▸ **Problem to solve**:
Where does the string "output" appear? Copy every line of the entries below that holds it.

▸ **Material provided**:
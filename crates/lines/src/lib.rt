// The lines of a run: prints them into a lent buffer.
#![tactic(auto)]

pub mod output;

pub use output::{Line, Output, Refused};
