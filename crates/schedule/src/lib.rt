// Time: a point is a UTC second, a length is a number of seconds. Two points are never summed.
#![tactic(auto)]

ghost use Rattle.std.specs.Prelude.{◌≡◌, ltb};

// A UTC second: the host's clock, a load time, a bound of validity.
#[derive(Clone, Copy, PartialEq, Eq, PartialOrd, Ord)]
pub struct Point(pub u32);

// A waiting time or an interval.
#[derive(Clone, Copy, PartialEq, Eq, PartialOrd, Ord)]
pub struct Length(pub u32);

// Whether a comes before b.
pub fn before(a: Point, b: Point) -> bool
    ensures { result ≡ ltb a.0 b.0 }
{
    a < b
}
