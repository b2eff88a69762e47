//! Which edges inside the nodes of a graph carry what a port of it lends.
ghost use Rattle.storage_flags.specs.Flags.{AreRows, consumers_of};
ghost use Rattle.port_feeds.specs.Lenders.{IsNodeIn};
ghost use Rattle.node_works.specs.Tables.{IsGraphOf};

use if1_graph::{Edge, Graph, Node};
use if1_sound::Sound;
use port_feeds::edge_lender;
use storage_flags::Flags;

fn lent_in_part(
    unit: &Sound,
    consumed: &[Flags],
    outer: &Graph,
    node: &Node,
    place: usize,
    edges: &[Edge],
) -> usize
    requires rows { AreRows unit.now (consumers_of unit.now) consumed.now }
    requires here { IsNodeIn unit.now outer.now node.now }
{
    let mut count: usize = 0;
    for edge in edges {
        if edge_lender(unit, consumed, outer, node, place, &edge.from).is_some() {
            count = count.saturating_add(1);
        }
    }
    count
}

fn lent_in_node(unit: &Sound, consumed: &[Flags], outer: &Graph, node: &Node) -> usize
    requires rows { AreRows unit.now (consumers_of unit.now) consumed.now }
    requires here { IsNodeIn unit.now outer.now node.now }
{
    let mut count: usize = 0;
    for (place, part) in node.subs.as_slice().iter().enumerate() {
        let lent = lent_in_part(unit, consumed, outer, node, place, part.edges.as_slice());
        count = count.saturating_add(lent);
    }
    count
}

/// How many edges of the graphs inside the nodes of a graph carry what a port of it lends.
pub fn lent_inside(unit: &Sound, consumed: &[Flags], outer: &Graph) -> usize
    requires rows { AreRows unit.now (consumers_of unit.now) consumed.now }
    requires here { IsGraphOf unit.now outer.now }
{
    let mut count: usize = 0;
    for node in outer.nodes.as_slice() {
        let lent = lent_in_node(unit, consumed, outer, node);
        count = count.saturating_add(lent);
    }
    count
}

▸ **Written answer**:
pub mod output;
pub use output::{Line, Output, Refused};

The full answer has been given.